Reduction formula for integral of $\int \frac{1}{x^2 \sqrt{ax^2+bx+c}} dx $

Question

The following reduction formula is taken from http://www.sosmath.com/tables/integral/integ15/integ15.html:

$$\int \frac{1}{x^2 \sqrt{ax^2+bx+c}} dx = -\frac{\sqrt{ax^2+bx+c}}{cx} - \frac{b}{2c} \int \frac{1}{x \sqrt{ax^2+bx+c}} dx$$

1. I've been trying to derive this reduction formula myself, but without success. Can anyone point me in the right direction?
2. Are there similar formulae for higher exponents of the $x$ in the denominator? Or even better, for general integer exponents $n$?

Answer 1

One may observe that $$ \begin{align} \left(-\frac{\sqrt{ax^2+bx+c}}{cx}\right)'&=\frac{\sqrt{ax^2+bx+c}}{c x^2}-\frac{2ax+b}{2cx\sqrt{ax^2+bx+c}} \\\\&=\frac{2(ax^2+bx+c)-(2ax+b)x}{2cx^2 \sqrt{ax^2+bx+c}} \\\\&=\frac{bx+2c}{2cx^2 \sqrt{ax^2+bx+c}} \\\\&=\frac{b}{2c}\cdot\frac{1}{x \sqrt{ax^2+bx+c}}+\frac{1}{x^2 \sqrt{ax^2+bx+c}} \end{align} $$ which yields the first result.
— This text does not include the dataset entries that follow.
//! The releases in their table: one is read by its key, added, or marked as used.

ghost use Rattle.std.specs.Prelude.{◌≡◌, ◌==◌, ◌<◌, ◌^◌, ◌∷◌, [], pos};
ghost use Rattle.std.specs.List.{find};
ghost use Rattle.sqlite.specs.Held.{state};
ghost use Rattle.sqlite.specs.declared.types.Value.TheVariants.{Int};
ghost use Rattle.keyed_rows.specs.Ordered.{add_row};
ghost use Rattle.bank_books.specs.Keys.{release_key, release_number};
ghost use Rattle.book_kept.specs.Changes.{used_sheets};
ghost use Rattle.sql_schema.specs.Cells.{ReleaseFits, release_cells};
ghost use Rattle.sql_schema.specs.Numbers.{truth_cell};
ghost use Rattle.sql_schema.specs.Steps.{FindsHeld, Frame, Reads, RunsInside, Step};
ghost use Rattle.sql_releases.specs.Given.{given_release};
ghost use Rattle.sql_releases.specs.Texts.{add_release_text, use_up_text};

use bank_books::{Release, ReleaseKey};
use money::Fault;
use sql_schema::{picked, run, select_releases};
use sqlite::{Alter, Transaction, params};

/// The release of this user and this number, if it is there.
pub fn release_of<S: Alter>(
    tx: &mut Transaction<'_, S>,
    user: u32,
    number: u32,
) -> Result<Option<Release>, Fault>
    ensures reads { Reads S.Store tx.old.conn tx.new.conn result }
    ensures found { FindsHeld (state S.Store tx.old.conn.now) (state S.Store tx.new.conn.now) result (λ s found. found ≡ find (λ r. release_key r == release_number user number) s.releases) }
{
    picked(
        tx,
        select_releases!("WHERE user_no = ?1 AND number = ?2"),
        params![user, number],
    )
}

/// What is given with the statement that adds a release.
#[derive(Clone, Copy)]
struct ReleaseCells {
    user: u32,
    number: u32,
    giver: u32,
    branch: u32,
    day: u32,
    form: u32,
    member1: i64,
    member2: i64,
    member3: i64,
    member4: i64,
    member5: i64,
    member6: i64,
    member7: i64,
    member8: i64,
    used: u32,
}

fn truth_number(truth: bool) -> u32
    ensures { Int (pos result) ≡ truth_cell truth }
{
    if truth { 1 } else { 0 }
}

fn cells_of(release: &Release) -> ReleaseCells
    ensures cells { given_release result ≡ release_cells release.now }
    ensures fits { ReleaseFits release.now }
{
    let number = release.number;
    ReleaseCells {
        user: release.user,
        number,
        giver: release.giver,
        branch: release.branch,
        day: release.day,
        form: release.operation.form.number() as u32,
        member1: release.operation.members[0],
        member2: release.operation.members[1],
        member3: release.operation.members[2],
        member4: release.operation.members[3],
        member5: release.operation.members[4],
        member6: release.operation.members[5],
        member7: release.operation.members[6],
        member8: release.operation.members[7],
        used: truth_number(release.used),
    }
}

fn insert_release<S: Alter>(
    tx: &mut Transaction<'_, S>,
    cells: &ReleaseCells,
) -> Result<usize, Fault>
    ensures frame { Frame S.Store tx.old.conn tx.new.conn }
    ensures runs { RunsInside add_release_text (given_release cells.now) (state S.Store tx.old.conn.now) (state S.Store tx.new.conn.now) result }
{
    run(
        tx,
        "INSERT INTO releases (user_no, number, giver, branch, day, form, member1, member2, member3, member4, member5, member6, member7, member8, used) VALUES (?1, ?2, ?3, ?4, ?5, ?6, ?7, ?8, ?9, ?10, ?11, ?12, ?13, ?14, ?15)",
        params![
            cells.user,
            cells.number,
            cells.giver,
            cells.branch,
            cells.day,
            cells.form,
            &cells.member1,
            &cells.member2,
            &cells.member3,
            &cells.member4,
            &cells.member5,
            &cells.member6,
            &cells.member7,
            &cells.member8,
            cells.used
        ],
    )
}

/// Adds a release. One of its user and number that is there already is a fault of the disk.
pub fn add_release<S: Alter>(tx: &mut Transaction<'_, S>, release: &Release) -> Result<(), Fault>
    ensures step { Step S.Store tx.old.conn tx.new.conn (λ s. record s { releases = add_row release_key release.now s.releases }) result }
{
    let cells = cells_of(release);
    insert_release(tx, &cells)?;
    Ok(())
}

fn update_used<S: Alter>(tx: &mut Transaction<'_, S>, key: &ReleaseKey) -> Result<usize, Fault>
    ensures frame { Frame S.Store tx.old.conn tx.new.conn }
    ensures runs { RunsInside use_up_text (Int (pos key.now.user) ∷ Int (pos key.now.number) ∷ []) (state S.Store tx.old.conn.now) (state S.Store tx.new.conn.now) result }
    ensures small { key.now.number < 2 ^ 32 }
{
    run(
        tx,
        "UPDATE releases SET used = 1 WHERE user_no = ?1 AND number = ?2",
        params![key.user, key.number],
    )
}

/// Marks the release of this key as used. One that isn't there is passed over.
pub fn use_up<S: Alter>(tx: &mut Transaction<'_, S>, key: &ReleaseKey) -> Result<(), Fault>
    ensures step { Step S.Store tx.old.conn tx.new.conn (used_sheets key.now) result }
{
    update_used(tx, key)?;
    Ok(())
}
This might be generalized to get $$ \begin{align} \left(-\frac{\sqrt{ax^2+bx+c}}{cx^{\color{red}{n}+1}}\right)'&=\frac{a\cdot \color{red}{n}}{cx^{\color{red}{n}}\sqrt{ax^2+bx+c}}+\frac{b}{2c}\cdot\frac{(2\color{red}{n}+1)}{x^{\color{red}{n}+1} \sqrt{ax^2+bx+c}}+\frac{\color{red}{n}+1}{x^{\color{red}{n}+2}\sqrt{ax^2+bx+c}}. \end{align} $$

Answer 2

$\newcommand{\bbx}[1]{\,\bbox[15px,border:1px groove navy]{\displaystyle{#1}}\,} \newcommand{\braces}[1]{\left\lbrace\,{#1}\,\right\rbrace} \newcommand{\bracks}[1]{\left\lbrack\,{#1}\,\right\rbrack} \newcommand{\dd}{\mathrm{d}} \newcommand{\ds}[1]{\displaystyle{#1}} \newcommand{\expo}[1]{\,\mathrm{e}^{#1}\,} \newcommand{\ic}{\mathrm{i}} \newcommand{\mc}[1]{\mathcal{#1}} \newcommand{\mrm}[1]{\mathrm{#1}} \newcommand{\pars}[1]{\left(\,{#1}\,\right)} \newcommand{\partiald}[3][]{\frac{\partial^{#1} #2}{\partial #3^{#1}}} \newcommand{\root}[2][]{\,\sqrt[#1]{\,{#2}\,}\,} \newcommand{\totald}[3][]{\frac{\mathrm{d}^{#1} #2}{\mathrm{d} #3^{#1}}} \newcommand{\verts}[1]{\left\vert\,{#1}\,\right\vert}$

It's convenient to rewrite the original question as $$ \int{\dd x \over x^{2}\root{ax^{2} + bx + c}} = {1 \over \root{a}} \color{#f00}{\int{\dd x \over x^{2}\root{x^{2} + 2px + q}}}\,,\qquad p \equiv {b \over 2a}\,,\quad q \equiv {c \over a} $$

Lets $\ds{t = \root{x^{2} + 2px + q} - x \iff x = -\,{1 \over 2}\,{t^{2} - q \over t - p}}$:

\begin{align} &\color{#f00}{\int{\dd x \over x^{2}\root{x^{2} + 2px + q}}} = -4\int{t - p \over \pars{t^{2} - q}^{2}}\,\dd t = -\,{2 \over q}\,{pt - q \over t^{2} - q} + {2p \over q^{3/2}}\, \,\mrm{arctanh}\pars{t \over \root{q}} \end{align} Replace $\ds{t = \root{x^{2} + 2px + q} - x}$ in the right hand side.